> **Work instructions**
In the entries below, spot each line with the word "third" and copy it.

> **Provided information**
=-=-=
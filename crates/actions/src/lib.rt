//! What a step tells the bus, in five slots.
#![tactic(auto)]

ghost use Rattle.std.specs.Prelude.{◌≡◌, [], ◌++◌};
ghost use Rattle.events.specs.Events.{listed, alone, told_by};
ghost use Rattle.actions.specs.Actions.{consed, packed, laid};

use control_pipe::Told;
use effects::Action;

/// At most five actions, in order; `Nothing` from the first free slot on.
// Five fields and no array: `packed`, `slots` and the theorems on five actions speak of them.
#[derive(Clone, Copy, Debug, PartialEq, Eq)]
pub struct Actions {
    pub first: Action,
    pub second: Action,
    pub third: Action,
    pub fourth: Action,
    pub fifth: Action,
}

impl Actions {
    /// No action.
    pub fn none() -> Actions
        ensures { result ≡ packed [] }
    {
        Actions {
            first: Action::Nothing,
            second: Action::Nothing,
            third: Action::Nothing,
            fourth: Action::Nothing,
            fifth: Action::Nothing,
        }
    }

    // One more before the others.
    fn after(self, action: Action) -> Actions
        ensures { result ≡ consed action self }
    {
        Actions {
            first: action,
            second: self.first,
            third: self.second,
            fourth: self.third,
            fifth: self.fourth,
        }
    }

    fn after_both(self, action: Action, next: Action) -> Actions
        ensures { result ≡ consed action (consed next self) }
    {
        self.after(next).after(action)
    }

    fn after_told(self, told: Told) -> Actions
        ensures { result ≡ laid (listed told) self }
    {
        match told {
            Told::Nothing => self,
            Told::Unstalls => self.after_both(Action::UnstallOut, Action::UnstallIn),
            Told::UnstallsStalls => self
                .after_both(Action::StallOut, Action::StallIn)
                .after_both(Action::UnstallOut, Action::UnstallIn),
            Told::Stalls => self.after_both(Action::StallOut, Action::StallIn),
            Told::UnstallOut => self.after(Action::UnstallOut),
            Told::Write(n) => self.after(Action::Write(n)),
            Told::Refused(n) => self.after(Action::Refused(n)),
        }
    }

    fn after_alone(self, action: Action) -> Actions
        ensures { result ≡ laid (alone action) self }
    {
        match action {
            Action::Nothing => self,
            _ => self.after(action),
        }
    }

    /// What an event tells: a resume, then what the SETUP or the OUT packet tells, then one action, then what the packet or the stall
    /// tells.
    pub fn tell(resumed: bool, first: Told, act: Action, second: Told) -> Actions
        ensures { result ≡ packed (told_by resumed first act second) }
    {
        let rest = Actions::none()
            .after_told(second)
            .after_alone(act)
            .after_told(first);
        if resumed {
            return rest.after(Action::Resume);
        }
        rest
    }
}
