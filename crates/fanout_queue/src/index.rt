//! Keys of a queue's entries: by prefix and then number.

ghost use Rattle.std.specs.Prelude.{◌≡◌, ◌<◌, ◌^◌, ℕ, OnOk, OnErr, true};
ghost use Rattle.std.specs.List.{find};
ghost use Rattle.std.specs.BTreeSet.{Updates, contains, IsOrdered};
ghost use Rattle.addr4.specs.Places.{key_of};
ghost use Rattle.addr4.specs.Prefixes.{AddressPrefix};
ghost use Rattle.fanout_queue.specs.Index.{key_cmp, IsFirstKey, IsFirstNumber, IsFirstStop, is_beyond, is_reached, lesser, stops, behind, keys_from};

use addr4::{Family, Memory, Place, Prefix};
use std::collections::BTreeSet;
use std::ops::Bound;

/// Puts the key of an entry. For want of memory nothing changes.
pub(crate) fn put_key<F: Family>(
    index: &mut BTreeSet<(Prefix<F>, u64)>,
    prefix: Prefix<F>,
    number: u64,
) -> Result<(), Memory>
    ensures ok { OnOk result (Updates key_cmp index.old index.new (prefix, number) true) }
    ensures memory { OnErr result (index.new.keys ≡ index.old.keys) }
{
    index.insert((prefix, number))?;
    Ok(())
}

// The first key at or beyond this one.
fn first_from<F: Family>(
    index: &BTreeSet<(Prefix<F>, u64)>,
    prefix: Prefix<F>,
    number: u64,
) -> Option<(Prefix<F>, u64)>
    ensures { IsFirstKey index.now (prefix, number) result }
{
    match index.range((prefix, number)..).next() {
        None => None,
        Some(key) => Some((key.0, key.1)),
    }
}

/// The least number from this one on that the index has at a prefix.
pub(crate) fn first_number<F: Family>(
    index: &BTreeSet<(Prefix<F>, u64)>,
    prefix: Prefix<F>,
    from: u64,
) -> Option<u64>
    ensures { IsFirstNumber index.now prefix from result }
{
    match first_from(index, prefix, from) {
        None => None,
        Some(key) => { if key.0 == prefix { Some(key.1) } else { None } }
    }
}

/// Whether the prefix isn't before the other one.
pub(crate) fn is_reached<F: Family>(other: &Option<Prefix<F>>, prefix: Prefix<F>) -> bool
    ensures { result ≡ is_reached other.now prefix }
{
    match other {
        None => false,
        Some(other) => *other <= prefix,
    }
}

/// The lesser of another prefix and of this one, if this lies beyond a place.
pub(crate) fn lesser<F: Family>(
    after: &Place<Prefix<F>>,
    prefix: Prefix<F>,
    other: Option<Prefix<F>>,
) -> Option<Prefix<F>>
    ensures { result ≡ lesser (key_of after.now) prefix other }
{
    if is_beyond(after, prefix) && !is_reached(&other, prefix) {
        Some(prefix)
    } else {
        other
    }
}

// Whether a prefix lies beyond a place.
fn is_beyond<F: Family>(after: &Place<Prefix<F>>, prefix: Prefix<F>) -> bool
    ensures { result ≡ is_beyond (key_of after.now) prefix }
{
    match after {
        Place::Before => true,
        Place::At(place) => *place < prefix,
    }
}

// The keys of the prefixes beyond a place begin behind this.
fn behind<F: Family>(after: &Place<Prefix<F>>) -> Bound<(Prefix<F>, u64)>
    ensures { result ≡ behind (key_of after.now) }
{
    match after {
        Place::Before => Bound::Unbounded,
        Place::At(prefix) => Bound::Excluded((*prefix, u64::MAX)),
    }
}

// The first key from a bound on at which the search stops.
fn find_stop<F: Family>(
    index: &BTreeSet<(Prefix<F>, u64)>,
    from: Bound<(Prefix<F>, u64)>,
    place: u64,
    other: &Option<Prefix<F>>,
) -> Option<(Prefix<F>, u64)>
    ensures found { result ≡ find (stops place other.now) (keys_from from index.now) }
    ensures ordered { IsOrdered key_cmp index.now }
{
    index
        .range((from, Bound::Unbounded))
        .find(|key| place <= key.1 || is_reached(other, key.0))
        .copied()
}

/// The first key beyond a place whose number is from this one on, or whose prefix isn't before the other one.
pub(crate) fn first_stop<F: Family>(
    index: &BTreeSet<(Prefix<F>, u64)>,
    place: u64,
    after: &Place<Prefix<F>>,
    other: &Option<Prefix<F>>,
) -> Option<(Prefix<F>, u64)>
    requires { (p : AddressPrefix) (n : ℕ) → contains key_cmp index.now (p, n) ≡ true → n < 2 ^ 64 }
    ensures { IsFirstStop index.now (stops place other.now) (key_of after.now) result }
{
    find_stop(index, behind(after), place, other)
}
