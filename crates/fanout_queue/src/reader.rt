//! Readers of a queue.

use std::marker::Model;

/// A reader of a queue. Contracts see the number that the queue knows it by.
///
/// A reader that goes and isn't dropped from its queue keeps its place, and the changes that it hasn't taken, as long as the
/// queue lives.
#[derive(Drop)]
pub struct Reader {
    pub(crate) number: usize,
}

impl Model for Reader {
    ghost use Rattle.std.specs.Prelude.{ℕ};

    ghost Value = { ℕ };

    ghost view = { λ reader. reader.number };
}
=-=-=
> **Answer for this exercise**
    pub third: Action,
            third: Action::Nothing,
            third: self.second,
            fourth: self.third,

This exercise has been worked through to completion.